For individuals who have mental difficulties with their families, they need to receive appropriate social support services and advice.

Using the genetic analysis method can be performed on the fetus if the first child is born with this syndrome and is determined to have a genetic mutation. Genetic advice activities for families with this syndrome are essential to understand the risk of having children with Seckel syndrome.

Disclaimer

Every effort has been made to ensure that the information provided by Drugslib.com is accurate, up-to-date, and complete, but no guarantee is made to that effect. Drug information contained herein may be time sensitive. Drugslib.com information has been compiled for use by healthcare practitioners and consumers in the United States and therefore Drugslib.com does not warrant that uses outside of the United States are appropriate, unless specifically indicated otherwise. Drugslib.com's drug information does not endorse drugs, diagnose patients or recommend therapy. Drugslib.com's drug information is an informational resource designed to assist licensed healthcare practitioners in caring for their patients and/or to serve consumers viewing this service as a supplement to, and not a substitute for, the expertise, skill, knowledge and judgment of healthcare practitioners.

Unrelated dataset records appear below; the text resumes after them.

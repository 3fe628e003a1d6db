// What is counted along a stream, and the line that sums up.
ghost use Rattle.std.specs.Prelude.{◌≡◌};
ghost use Rattle.explain.specs.Tally.{is_answered, length_of, more_if, tally_after};

use crate::part_line::{say, say_count, say_place};
use crate::words;
use parts::PartAt;
use program::Host;

// What becomes of a part. A frame is open that is not closed where the stream ends.
#[derive(Clone, Copy, PartialEq, Eq)]
pub enum Fate {
    Stored,
    Skipped,
    Abandoned,
    Open,
    Bad,
    PassedOver,
    Obeyed,
    Refused,
}

// Counts and places of 64 bits, which no stream fills.
#[derive(Clone, Copy)]
pub struct Tally {
    // The place of the part that comes next.
    pub place: u64,
    // How many bytes of that part are held no longer, and whether any of these is no line end.
    pub dropped: u64,
    pub others: bool,
    // Bytes.
    pub text: u64,
    pub skipped: u64,
    // Frames.
    pub obeyed: u64,
    pub passed_over: u64,
    pub refused: u64,
    pub bad: u64,
    pub abandoned: u64,
    pub answers: u64,
    // The place of the tail.
    pub tail: Option<u64>,
}

pub const NOTHING_COUNTED: Tally = Tally {
    place: 0,
    dropped: 0,
    others: false,
    text: 0,
    skipped: 0,
    obeyed: 0,
    passed_over: 0,
    refused: 0,
    bad: 0,
    abandoned: 0,
    answers: 0,
    tail: None,
};

// How long a part is that is shown by its body, with the bytes that are held no longer.
pub fn length_of(front: PartAt, dropped: u64) -> u64
    ensures same { result ≡ length_of front dropped }
{
    let held = front.body_end.saturating_sub(front.body);
    (held as u64).wrapping_add(dropped)
}

// Whether a part was answered: by so many bytes, or always by what became of it.
fn is_answered(fate: Fate, written: usize) -> bool
    ensures { result ≡ is_answered fate written }
{
    match fate {
        Fate::Abandoned | Fate::Bad | Fate::Refused => true,
        _ => written > 0,
    }
}

// A count, with one more if it is counted there.
fn more_if(counts: bool, count: u64) -> u64
    ensures { result ≡ more_if counts count 1 }
{
    count.wrapping_add(counts as u64)
}

// A part that began at a place of the window and was answered by so many bytes. The next one stands behind it.
#[tactic(auto, unfolding(crate::specs::Tally::tally_after))]
pub fn counted(tally: Tally, fate: Fate, at: usize, front: PartAt, written: usize) -> Tally
    ensures same { result ≡ tally_after tally fate at front written }
{
    let length = length_of(front, tally.dropped);
    let held = front.end.saturating_sub(at);
    let behind = Tally {
        place: tally
            .place
            .wrapping_add((held as u64).wrapping_add(tally.dropped)),
        dropped: 0,
        others: false,
        answers: more_if(is_answered(fate, written), tally.answers),
        ..tally
    };
    match fate {
        Fate::Stored => Tally {
            text: tally.text.wrapping_add(length),
            ..behind
        },
        Fate::Skipped => Tally {
            skipped: tally.skipped.wrapping_add(length),
            ..behind
        },
        Fate::Abandoned => Tally {
            abandoned: tally.abandoned.wrapping_add(1),
            ..behind
        },
        Fate::Open => Tally {
            tail: Some(tally.place),
            ..behind
        },
        Fate::Bad => Tally {
            bad: tally.bad.wrapping_add(1),
            ..behind
        },
        Fate::PassedOver => Tally {
            passed_over: tally.passed_over.wrapping_add(1),
            ..behind
        },
        Fate::Obeyed => Tally {
            obeyed: tally.obeyed.wrapping_add(1),
            ..behind
        },
        Fate::Refused => Tally {
            refused: tally.refused.wrapping_add(1),
            ..behind
        },
    }
}

// The line that sums up. Only the sister's record refuses frames, so only her line counts them.
pub fn say_tally(host: &Host, t: &Tally, sister: bool) {
    let closed = t
        .obeyed
        .wrapping_add(t.passed_over)
        .wrapping_add(t.refused)
        .wrapping_add(t.bad);
    say_place(host, t.place);
    say(host, words::END);
    say_count(host, words::TEXT_BYTES, t.text);
    say_count(host, words::SKIPPED_BYTES, t.skipped);
    say_count(host, words::CLOSED_FRAMES, closed);
    say_count(host, words::OF_THESE_OBEYED, t.obeyed);
    say_count(host, words::OF_THESE_PASSED_OVER, t.passed_over);
    if sister {
        say_count(host, words::OF_THESE_REFUSED, t.refused);
    }
    say_count(host, words::OF_THESE_BAD, t.bad);
    say_count(host, words::ABANDONED_FRAMES, t.abandoned);
    say_count(host, words::ANSWERS, t.answers);
    match t.tail {
        Some(place) => say_count(host, words::TAIL_AT, place),
        None => say(host, words::NO_TAIL),
    }
    say(host, words::LINE_END);
}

The absence of a warning for a given drug or drug combination in no way should be construed to indicate that the drug or drug combination is safe, effective or appropriate for any given patient. Drugslib.com does not assume any responsibility for any aspect of healthcare administered with the aid of information Drugslib.com provides. The information contained herein is not intended to cover all possible uses, directions, precautions, warnings, drug interactions, allergic reactions, or adverse effects. If you have questions about the drugs you are taking, check with your doctor, nurse or pharmacist.